Features of Gold Loans and Interest Rates

 In our country, gold has a lot of cultural significance. India is the largest consumer of gold anywhere in the world. Even in the financial sector, gold is viewed as quite an asset. If you decide to loan i.e. borrow money from a financial institution to deal with a financial situation, gold loans can be a fruitful solution. Gold loans are loans taken against gold. This is a secured type of borrowing. Items such as jewelry, gold biscuits, and ornaments can be used as collateral for a gold loan. Interest rates can differ from 7% to the way up to 10% and more sometimes. These loans can be borrowed from banks or NBFCs. Lets us look at some features of gold loans and interest rates:

Where

Interest rates on gold loans can be easily calculated from anywhere in the country. In earlier times everyone had a traditional approach to opting for loans.
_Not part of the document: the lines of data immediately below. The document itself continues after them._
// What is said of books and networks, as values that print themselves.
use network::Network;
use records::layout::{Header, Point};
use refusals::fault::Fault;
use std::fmt;

// A link's ends and its floor.
#[derive(Drop)]
pub(crate) struct LinkOf<'a, N: Network> {
    pub(crate) network: &'a N,
    pub(crate) link: u32,
}

impl<N: Network> fmt::Display for LinkOf<'_, N> {
    fn fmt<W: fmt::Write>(&self, f: &mut fmt::Formatter<W>) -> fmt::Result {
        let link = self.link;
        let tail = self.network.tail(link);
        let head = self.network.head(link);
        let floor = self.network.floor(link);
        write!(
            f,
            "Link {link} leads from place {tail} to place {head} and takes at least {floor} ticks."
        )
    }
}

// The first and the last departure of a link, if it has any.
#[derive(Clone, Copy)]
pub(crate) struct Departures(pub(crate) Option<(Point, Point)>);

impl fmt::Display for Departures {
    fn fmt<W: fmt::Write>(&self, f: &mut fmt::Formatter<W>) -> fmt::Result {
        match self.0 {
            None => Ok(()),
            Some((first, last)) => write!(
                f,
                " Its first departure is at {}, arriving at {}, and its last at {}, arriving at {}.",
                first.departure, first.arrival, last.departure, last.arrival
            ),
        }
    }
}

// How many bytes at the end of an input make no whole word: a line of its own, or nothing where there are none.
#[derive(Clone, Copy)]
pub(crate) struct Stray(pub(crate) usize);

impl fmt::Display for Stray {
    fn fmt<W: fmt::Write>(&self, f: &mut fmt::Formatter<W>) -> fmt::Result {
        match self.0 {
            0 => Ok(()),
            1 => writeln!(f, "The last byte makes no whole word."),
            bytes => writeln!(f, "The last {bytes} bytes make no whole word."),
        }
    }
}

// How many words there are of a book that has a wrong number of them, and how many its header gives.
#[derive(Clone, Copy)]
pub(crate) struct WordCount {
    pub(crate) count: usize,
    pub(crate) header: Result<Header, Fault>,
}

impl fmt::Display for WordCount {
    fn fmt<W: fmt::Write>(&self, f: &mut fmt::Formatter<W>) -> fmt::Result {
        let count = self.count;
        match self.header {
            Err(_) => write!(f, "There are {count} words, and the header alone has five."),
            Ok(header) => {
                let size = header.size();
                write!(f, "There are {count} words, and the header gives {size}.")
            }
        }
    }
}
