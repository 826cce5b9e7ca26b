//! The work that a run has of a plan's actions, and that it can be carried out where the actions can be done.
#![tactic(auto)]

pub use self::staging_names::{is_of_text, staging_path, text_path};
pub use self::works::work_of;

mod staging_names;
mod works;
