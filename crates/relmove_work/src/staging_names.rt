//! The paths that a run has for those of a plan.
//!
//! The actions of a plan name what moves by labels: `.relmove-1`, `.relmove-2` and so on, and a new text by one next to its
//! page. The number of a label is the staging name's: `.relmove-run/1` stands for `.relmove-1`. A new text is written at its
//! staging name at once.
ghost use Rattle.std.specs.Prelude.{◌≡◌, IfOk, string_bytes};
ghost use Rattle.relmove_work.specs.StagingPaths as paths;

use relmove_actions::{Rename, STAGING};
use relmove_journal::{RUN_DIRECTORY, join, name_of};
use std::alloc::{AllocError, Global};

/// The path that a run has for one of a plan that may begin with a label.
///
/// Allocates it.
///
/// ```
/// assert_eq!(rt; staging_path(alloc, ".relmove-1/guide")?.as_str(), ".relmove-run/1/guide");
/// ```
pub fn staging_path(alloc: Global, path: &str) -> Result<String, AllocError>
    // the staging name in the place of the label
    ensures path { IfOk result (λ full. string_bytes full ≡ paths.staging_path path.now) }
{
    match path.strip_prefix(STAGING) {
        Some(below) => join(alloc, RUN_DIRECTORY, below),
        None => String::from_str(alloc, path),
    }
}

/// The staging name of a new text, for which a plan has this file.
///
/// Allocates it.
///
/// ```
/// assert_eq!(rt; text_path(alloc, "guide/.relmove-2")?.as_str(), ".relmove-run/2");
/// ```
pub fn text_path(alloc: Global, file: &str) -> Result<String, AllocError>
    // the staging name with the number of the file
    ensures path { IfOk result (λ full. string_bytes full ≡ paths.text_path file.now) }
{
    staging_path(alloc, name_of(file))
}

/// Whether a plan gives a new text a label by this rename. Allocates nothing.
pub fn is_of_text(rename: &Rename) -> bool
    // whether the rename's old path ends in the name of a new text
    ensures text { result ≡ paths.is_text_file (string_bytes rename.now.from) }
{
    begins_as_label(name_of(rename.from.as_str()))
}

// Whether a name begins as a label.
fn begins_as_label(name: &str) -> bool
    ensures { result ≡ paths.begins_as_label name.now }
{
    name.starts_with(STAGING)
}
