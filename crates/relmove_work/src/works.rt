//! The work that a run has of a plan's actions.
ghost use Rattle.std.specs.Prelude.{◌≡◌, ◌++◌, ℕ, List, IfOk, IfSome, IsNone, MatchOption, OnOk, map, string_bytes};
ghost use Rattle.std.specs.List.{AllZip};
ghost use Rattle.relmove_journal.specs.declared.work.Leftover.TheVariants.{Directory};
ghost use Rattle.relmove_work.specs.Pages.{HasFiles, HasOldPaths, IsLeftText, IsOldTextAt, LacksLeftText, LacksTextAt, page_texts};
ghost use Rattle.relmove_work.specs.StagingPaths.{staging_path as path_of_label};
ghost use Rattle.relmove_work.specs.Works.{
  IsAtStagingName,
  IsPlacedAs,
  IsStagedAs,
  IsWorkOf,
  IsWrittenAt,
  LacksOldText,
  new_text,
  plan_texts,
  rename_text,
  thing_renames,
};

use crate::staging_names::{is_of_text, staging_path, text_path};
use relmove_actions::{Actions, NewText, Rename};
use relmove_journal::{Leftover, TextDigest, TextFile, Work};
use std::alloc::{AllocError, Global};
use std::collections::BTreeMap;

/// The work that a run has of a plan's actions, and the new texts, each with its staging name as its file. `pages` has the text
/// of each page that gets a new one. Returns `None` if the old text of a page is removed that isn't among them.
///
/// Allocates the lists of the work and the paths with staging names in them, and on the way two maps of the renames. Fails only
/// if an allocation fails.
///
/// ```
/// let path = |path: &str| String::from_str(alloc, path);
/// let actions = Actions {
///     texts: Vec::new(alloc),
///     staged: vec![in alloc; Rename { from: path("a")?, to: path(".relmove-1")? }]?,
///     made: Vec::new(alloc),
///     placed: vec![in alloc; Rename { from: path(".relmove-1")?, to: path("b")? }]?,
///     removed: Vec::new(alloc),
///     emptied: Vec::new(alloc),
/// };
/// let made = work_of(alloc, actions, &BTreeMap::new(alloc))?;
/// assert_eq!(rt; made.unwrap().1.placed[0].from.as_str(), ".relmove-run/1");
/// ```
pub fn work_of(
    alloc: Global,
    actions: Actions,
    pages: &BTreeMap<&str, &str>,
) -> Result<Option<(Vec<NewText>, Work)>, AllocError>
    // the work is that of the plan's actions, where pages have these texts
    ensures work { IfOk result (λ of. IfSome of (λ made. IsWorkOf (plan_texts actions) (page_texts pages.now) made.1)) }
    // there is none only if what is removed at some label is no page with a text
    ensures lacks { IfOk result (λ of. IsNone of → LacksOldText (plan_texts actions) (page_texts pages.now)) }
    // each new text has its staging name as its file
    ensures texts { IfOk result (λ of. IfSome of (λ made. AllZip IsAtStagingName actions.texts.items made.0.items)) }
{
    let Actions {
        texts,
        staged,
        made,
        placed,
        removed,
        emptied,
    } = actions;
    let files = text_files_of(alloc, &texts)?;
    let texts = texts_at_staging_names(alloc, texts)?;
    let made = paths(alloc, &made)?;
    let placed = renames_from_staging_names(alloc, placed, &staged)?;
    let staged = renames_to_staging_names(alloc, staged)?;
    let Some(mut cleaned) = old_texts_of(alloc, &removed, &staged, pages)? else {
        return Ok(None);
    };
    push_directories(&mut cleaned, emptied)?;
    let work = Work {
        texts: files,
        staged,
        made,
        placed,
        cleaned,
    };
    Ok(Some((texts, work)))
}

// The files of new texts.
fn text_files_of(alloc: Global, texts: &[NewText]) -> Result<Vec<TextFile>, AllocError>
    ensures { IfOk result (λ files. AllZip IsWrittenAt (map new_text texts.now) files.items) }
{
    let mut files = Vec::with_capacity(alloc, texts.len())?;
    for text in texts {
        files.push(TextFile {
            path: text_path(alloc, text.file.as_str())?,
            digest: TextDigest::of(text.text.as_bytes()),
        })?;
    }
    Ok(files)
}

// New texts at their staging names.
fn texts_at_staging_names(
    alloc: Global,
    mut texts: Vec<NewText>,
) -> Result<Vec<NewText>, AllocError>
    ensures { IfOk result (λ placed. AllZip IsAtStagingName texts.items placed.items) }
{
    for text in texts.iter_mut() {
        text.file = text_path(alloc, text.file.as_str())?;
    }
    Ok(texts)
}

// The paths that a run has for those of a plan.
fn paths(alloc: Global, labels: &[String]) -> Result<Vec<String>, AllocError>
    ensures { IfOk result (λ paths. AllZip (λ label path. string_bytes path ≡ path_of_label label)
        (map string_bytes labels.now) paths.items) }
{
    let mut paths = Vec::with_capacity(alloc, labels.len())?;
    for label in labels {
        paths.push(staging_path(alloc, label.as_str())?)?;
    }
    Ok(paths)
}

// What gives things their staging names, without the new texts.
fn renames_to_staging_names(alloc: Global, staged: Vec<Rename>) -> Result<Vec<Rename>, AllocError>
    ensures { IfOk result (λ renames. AllZip IsStagedAs (thing_renames (map rename_text staged.items)) renames.items) }
{
    let mut renames = Vec::with_capacity(alloc, staged.len())?;
    for rename in staged {
        if !is_of_text(&rename) {
            let Rename { from, to } = rename;
            renames.push(Rename {
                from,
                to: staging_path(alloc, to.as_str())?,
            })?;
        }
    }
    Ok(renames)
}

// What takes things from their staging names to their new paths. A new text has the one at which it is written.
fn renames_from_staging_names(
    alloc: Global,
    placed: Vec<Rename>,
    staged: &[Rename],
) -> Result<Vec<Rename>, AllocError>
    ensures { IfOk result (λ renames. AllZip (IsPlacedAs (map rename_text staged.now)) (map rename_text placed.items)
        renames.items) }
{
    let files = files_of(alloc, staged)?;
    let mut renames = Vec::with_capacity(alloc, placed.len())?;
    for Rename { from, to } in placed {
        let from = match files.get(from.as_str()) {
            Some(file) => text_path(alloc, file)?,
            None => staging_path(alloc, from.as_str())?,
        };
        renames.push(Rename { from, to })?;
    }
    Ok(renames)
}

// The files of new texts, by the labels that a plan gives them.
fn files_of(alloc: Global, staged: &[Rename]) -> Result<BTreeMap<&str, &str>, AllocError>
    ensures { IfOk result (HasFiles (map rename_text staged.now)) }
{
    let mut files = BTreeMap::new(alloc);
    for rename in staged {
        if is_of_text(rename) {
            files.insert(rename.to.as_str(), rename.from.as_str())?;
        }
    }
    Ok(files)
}

// The old texts of pages that change, each at its staging name. `None` if one isn't among these.
fn old_texts_of(
    alloc: Global,
    removed: &[String],
    staged: &[Rename],
    pages: &BTreeMap<&str, &str>,
) -> Result<Option<Vec<Leftover>>, AllocError>
    ensures { IfOk result (λ of. MatchOption of
        (LacksLeftText (map rename_text staged.now) (page_texts pages.now) (map string_bytes removed.now))
        (λ left. AllZip (IsLeftText (map rename_text staged.now) (page_texts pages.now)) (map string_bytes removed.now)
        left.items)) }
{
    let olds = old_paths_of(alloc, staged)?;
    let mut left = Vec::new(alloc);
    for label in removed {
        let path = staging_path(alloc, label.as_str())?;
        let Some(text) = text_of(&olds, pages, path.as_str()) else {
            return Ok(None);
        };
        let digest = TextDigest::of(text.as_bytes());
        left.push(Leftover::Text(TextFile { path, digest }))?;
    }
    Ok(Some(left))
}

// The old paths of renames, by the new ones.
fn old_paths_of(alloc: Global, renames: &[Rename]) -> Result<BTreeMap<&str, &str>, AllocError>
    ensures { IfOk result (HasOldPaths (map rename_text renames.now)) }
{
    let mut olds = BTreeMap::new(alloc);
    for rename in renames {
        olds.insert(rename.to.as_str(), rename.from.as_str())?;
    }
    Ok(olds)
}

// The text of the page that gets a path.
fn text_of<'a>(
    olds: &BTreeMap<&str, &str>,
    pages: &BTreeMap<&str, &'a str>,
    path: &str,
) -> Option<&'a str>
    ensures { (renames : List (List ℕ × List ℕ)) → HasOldPaths renames olds.now
        → MatchOption result (LacksTextAt renames (page_texts pages.now) path.now)
        (λ text. IsOldTextAt renames (page_texts pages.now) path.now text.now) }
{
    let page = olds.get(path)?;
    pages.get(*page).copied()
}

// Adds directories to what is left.
fn push_directories(left: &mut Vec<Leftover>, directories: Vec<String>) -> Result<(), AllocError>
    ensures { OnOk result (left.new.items ≡ left.old.items ++ map Directory directories.items) }
{
    for path in directories {
        left.push(Leftover::Directory(path))?;
    }
    Ok(())
}
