// Makes a file with at most these permissions, and notes which one it is. Returns what it is too.
pub(crate) fn create<S: Store>(
    store: &mut S,
    above: &mut Above,
    path: &str,
    mode: u32,
    run_file: &mut RunFile,
) -> Result<(S::NewFile, Found), RunFault> {
    need_directories_above(store, above, path)?;
    let created = store.create(path, mode);
    *run_file = match &created {
        Err(error) if error.kind() == ErrorKind::AlreadyExists => RunFile::None,
        _ => RunFile::Unknown,
    };
    let file = at(store.alloc(), SystemCall::Create, path, created)?;
    let found = store.find_new(&file);
    let found = at(store.alloc(), SystemCall::Ask, path, found)?;
    *run_file = RunFile::Inode(found.inode);
    Ok((file, found))
}

// A file or a directory that a run may have made.
#[derive(Clone, Copy, PartialEq, Eq)]
pub(crate) enum RunFile {
    // The run made none.
    None,
    // The run may have made one, and doesn't know which.
    Unknown,
    // The run made the one with this inode.
    Inode(u64),
}

impl RunFile {
    // Whether what is found is the file, if the run knows that.
    pub(crate) fn is(self, found: &Found) -> bool {
        found.kind == FoundKind::File && self == RunFile::Inode(found.inode)
    }

    // Whether what is found can be the directory.
    pub(crate) fn may_be_directory(self, found: &Found) -> bool {
        found.kind == FoundKind::Directory
            && (self == RunFile::Unknown || self == RunFile::Inode(found.inode))
    }
}

// The file of a new text.
#[derive(Clone, Copy)]
pub(crate) struct Written {
    // Which file it is.
    pub(crate) file: RunFile,
    // Whether the whole text was written to it.
    pub(crate) is_whole: bool,
}
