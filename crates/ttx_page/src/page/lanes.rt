//! Compares 16 cells of two rows at once, one cell per lane of a vector.
ghost use Rattle.std.specs.Prelude.{◌≡◌};
ghost use Rattle.ttx_page.specs.Lanes.{differing_mask};

use std::simd::prelude::*;

// Returns a mask with one bit per cell, the lowest bit for the first cell. A bit is set if the
// cells of the two blocks differ.
#[inline(always)]
pub(super) fn mask_differing_cells(a: &[u8; 16], b: &[u8; 16]) -> u64
    ensures { result ≡ differing_mask a.now b.now }
{
    u8x16::from_array(*a)
        .simd_ne(u8x16::from_array(*b))
        .to_bitmask()
}
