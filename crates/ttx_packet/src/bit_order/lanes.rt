//! Reverses the bits of 16 bytes at once, one byte per lane of a vector.
//!
//! Three steps, for n = 4, 2, 1. The mask selects the lower n bits of each group of 2n bits:
//!
//! ```text
//! lane = (lane >> n & mask) | (lane & mask) << n
//! ```
ghost use Rattle.std.specs.Prelude.{◌≡◌, ◌<◌, ℕ, map, slice_index};
ghost use Rattle.ttx_packet.specs.BitOrder.{mirror};
ghost use Rattle.ttx_packet.specs.Lanes.{swapped_bits};

use std::simd::prelude::*;

// Swaps the two 4-bit halves of each byte.
#[inline(always)]
fn swap_halves(bytes: u8x16) -> u8x16
    ensures lanes { result ≡ map (swapped_bits 4 0x0F) bytes }
    ensures fits { (k : ℕ) → slice_index bytes k < 0x100 }
{
    let mask = u8x16::splat(0x0F);
    let n = u8x16::splat(4);
    ((bytes >> n) & mask) | ((bytes & mask) << n)
}

// Swaps the two bit pairs in each 4-bit half of each byte.
#[inline(always)]
fn swap_pairs(bytes: u8x16) -> u8x16
    ensures { result ≡ map (swapped_bits 2 0x33) bytes }
{
    let mask = u8x16::splat(0x33);
    let n = u8x16::splat(2);
    ((bytes >> n) & mask) | ((bytes & mask) << n)
}

// Swaps the two bits of each bit pair of each byte.
#[inline(always)]
fn swap_bits(bytes: u8x16) -> u8x16
    ensures { result ≡ map (swapped_bits 1 0x55) bytes }
{
    let mask = u8x16::splat(0x55);
    let n = u8x16::splat(1);
    ((bytes >> n) & mask) | ((bytes & mask) << n)
}

// Reverses the bits of each of the 16 bytes.
#[inline(always)]
pub(super) fn mirror_block(block: &[u8; 16]) -> [u8; 16]
    ensures { result ≡ map mirror block.now }
{
    swap_bits(swap_pairs(swap_halves(u8x16::from_array(*block)))).to_array()
}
Going to only banks was the more popular approach previously. However, now other than banks, individuals also opt for NBFCs when it comes to procuring loans on their collateral gold items. NBFCs or Non-Banking Financial Companies are by definition, companies that engaged in the business of investment, loans, acquisition of stocks/shares issued by the government or local authorities. For an NBFC to be able to lend a gold loan’s interest rate, it needs to be registered under the Companies Act, 1956.

Amount loaned

The amount the borrower receives for the interest rate on gold loans can differ from situation to situation. The loan amount will differ from one lender to the other as there is no standard gold loan interest rate for all lenders. A bank may offer gold loans between Rs 10,000 to 1 crore whereas an NBFC might offer a minimum amount of 1,500 with no maximum amount limit. Also, the amount loaned often depends on the purity of the gold being used as collateral. Gold loans can only be procured on items with purity between 18K to 22K.

Tenure

The time period of the borrowing repayment of the gold loan interest rate may vary from one lender to the other. There is no fixed/predicated tenure period. This often depends on the collateral items, bank policies, or simply on the borrower’s requirements. For example, a bank may offer a tenure period between 3 months to 24 months. Some banks also offer maximum tenure of up to 36 months.